X-shark Ill snap a few close up pics! Im running a 24V 80lb Minn Kota with the "Co-Pilot" it works well but I wish I had the "auto pilot" also.


----------



## Midnight Rider (Sep 30, 2007)

Not trying to be ugly here but I bet you I have gigged more flounder out of my Vieanna Sasuage john boat this year than you will gigg if you fish evey night at the pass for the month of November. This is how the poor people do it. Look close and you will see the duck tape holding my troling motor on the side of the boat. Good luck to ya!


----------



## Rammer Jammer (Oct 1, 2007)

> *Midnight Rider (10/18/2007)*Not trying to be ugly here but I bet you I have gigged more flounder out of my Veannia Sasuage john boat this year than you will gigg if you fish evey night at the pass for the month of November. Good luck to ya!

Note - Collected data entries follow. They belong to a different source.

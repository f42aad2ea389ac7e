//! netCDF files that are joined along the record dimension (netCDF classic format). The list of their names, their
//! headers and the marks of a constraint come in; one dataset and the body of its data response go out, each record
//! read from the file that has it. The values are `joined_trees` of `specs/Trees`.
#![tactic(auto)]

mod body;
mod cutting;
mod joined;
mod joining;
pub mod laws;
mod list;
mod make;
mod name;
mod piece;
mod pieces;
mod plans;
mod refusal;
mod send;
mod stream;
mod texts;

pub use body::JoinBody;
pub use joined::Joined;
pub use joining::join;
pub use list::read_list;
pub use refusal::{JoinRefusal, ListRefusal};
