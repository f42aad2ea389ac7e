//! Bodies, out of joined headers and the marks of a constraint.

ghost use Rattle.std.specs.Prelude.{◌≡◌, ◌≤◌, ◌++◌, ℕ, List, Err, IfOk, IsOk, None, Some, codes, length};
ghost use Rattle.dap_model.specs.Body.{body, too_large};
ghost use Rattle.dap_model.specs.Dds.{dds};
ghost use Rattle.dap_model.specs.Filter.{Keeps, SuitsAll, constrained, constrained_trees};
ghost use Rattle.dap_types.specs.View.{dataset_view};
ghost use Rattle.dap_types.specs.WellFormed.{IsWellFormed};
ghost use Rattle.grid_projection.specs.Resolved.{marks_in};
ghost use Rattle.join_source.specs.Asked.{JoinedAsk};
ghost use Rattle.join_source.specs.Bodies.{FitsFiles, MayAsk, cost_in, dds_in, text_in};
ghost use Rattle.join_source.specs.Costs.{joined_cost};
ghost use Rattle.join_source.specs.Joins.{headers_in, members_in, name_in};
ghost use Rattle.join_source.specs.Members.{HaveHeaders, joined_dataset, lengths_of};
ghost use Rattle.join_source.specs.Trees.{joined_trees};

use crate::piece::Piece;
use crate::pieces::marked_pieces;
use crate::{JoinBody, Joined};
use dap_types::{Dataset, List, Memory};
use grid_projection::Marks;
use std::alloc::Global;
use xdr_encode::{BodyRefusal, head_of, left_dds, room};

/// The body with that DDS, and its rooms.
fn body_of(alloc: Global, text: &[u8], pieces: List<Piece>) -> Result<JoinBody, Memory>
    ensures head { IfOk result (λ b. b.head ≡ text.now ++ codes "Data:\n") }
    ensures dds { IfOk result (λ b. b.dds_len ≡ length text.now) }
    ensures pieces { IfOk result (λ b. b.pieces ≡ pieces) }
{
    let head = head_of(alloc, text)?;
    let raw = room(alloc)?;
    let sent = room(alloc)?;
    Ok(JoinBody {
        head,
        dds_len: text.len(),
        pieces,
        raw,
        sent,
    })
}

impl JoinBody {
    /// The body of the data response for what the marks leave of joined files. Condition: the dataset is that of the
    /// files, and the marks were made for it. All memory is taken here.
    ///
    /// # Errors
    ///
    /// `TooLarge` where the DDS or a leaf of what is left is too large; `Memory` where memory was wanted.
    #[tactic(auto, unfolding(crate::specs::Bodies::dds_in, crate::specs::Bodies::cost_in, crate::specs::Bodies::FitsFiles))]
    pub fn new(
        alloc: Global,
        joined: &Joined,
        dataset: &Dataset,
        marks: &Marks,
    ) -> Result<JoinBody, BodyRefusal>
        requires dataset { dataset_view dataset.now ≡ joined_dataset (members_in joined.now) (name_in joined.now) }
        requires well_formed { IsWellFormed (dataset_view dataset.now) }
        requires suits { SuitsAll (marks_in marks.now) 1 (dataset_view dataset.now).members }
        // Whatever the files are whose headers they are, this is the body of their values together,
        ensures text { IfOk result (λ b. (files : List (List ℕ)) (keeps : Keeps) → HaveHeaders (members_in joined.now) files →
            text_in b files ≡ body (constrained (marks_in marks.now) (dataset_view dataset.now)) (constrained_trees (marks_in marks.now) keeps (dataset_view dataset.now) (joined_trees (members_in joined.now) files))) }
        ensures dds { IfOk result (λ b. dds_in b ≡ dds (constrained (marks_in marks.now) (dataset_view dataset.now))) }
        // it reads within them,
        ensures fits { IfOk result (λ b. FitsFiles b (lengths_of (headers_in joined.now))) }
        // and at most the cost of the marks, of which it asks no more before it puts what stands before.
        ensures asks { IfOk result (λ b. (files : List (List ℕ)) → HaveHeaders (members_in joined.now) files → (put asked : ℕ) → MayAsk b files put asked →
            JoinedAsk (members_in joined.now) (marks_in marks.now) files (length (dds (constrained (marks_in marks.now) (dataset_view dataset.now)) ++ codes "Data:\n")) put asked) }
        ensures cost { IfOk result (λ b. cost_in b ≤ joined_cost (members_in joined.now) (marks_in marks.now)) }
        // What is too large is refused, and nothing else.
        ensures only_small { IsOk result → too_large (constrained (marks_in marks.now) (dataset_view dataset.now)) ≡ None }
        ensures refused { (leaf : ℕ) → result ≡ Err (BodyRefusal.TooLarge leaf) → too_large (constrained (marks_in marks.now) (dataset_view dataset.now)) ≡ Some leaf }
    {
        let text = match left_dds(alloc, dataset, marks) {
            Ok(text) => text,
            Err(refusal) => return Err(refusal),
        };
        let pieces = match marked_pieces(alloc, joined.headers.items(), marks) {
            Ok(pieces) => pieces,
            Err(refusal) => return Err(refusal),
        };
        match body_of(alloc, text.bytes(), pieces) {
            Ok(body) => Ok(body),
            Err(Memory) => Err(BodyRefusal::Memory),
        }
    }
}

Think you might have missed the point of his post - basically, different strokes for different folks. He wasn't bashing jon boat setups ortheir ability to gig fish because we all know it's not all in the setup. He's simply lookingfor a little advice here on how to perfect his particular setup, which just happens not to be a jon boat.


----------



## Midnight Rider (Sep 30, 2007)

Damit!!!! Did I jump the gun again???? Maybe I did take it the wrong way.


----------



## seminolewind (Oct 1, 2007)

Midnightrider look dickhead, Josh was just looking for some insight on how to make his flounder rig better if you don't have anything constructive to say then keep your poor mouth shut.


----------



## Midnight Rider (Sep 30, 2007)

Jeeze semannol wind. Dont get your pannies all in a waud. I said I wasnt trying to be ugly. Take it easy.


----------



## BLKFLYZ (Sep 30, 2007)

Look Midnight, Im sure you will stab waaaaay more flatties than I will. My intentions with this thread was to try and come up with a better more convient way to change my underwater bulbs. Nothing more, nothing less! Good luck sticking!


----------



## Midnight Rider (Sep 30, 2007)

Same to ya. BLKFLYZ


----------



## FlounderAssassin (Sep 28, 2007)

Good lord...here we go again!


----------



## Death From Above (Sep 28, 2007)

> *seminolewind (10/18/2007)*Midnightrider look dickhead, Josh was just looking for some insight on how to make his flounder rig better if you don't have anything constructive to say then keep your poor mouth shut.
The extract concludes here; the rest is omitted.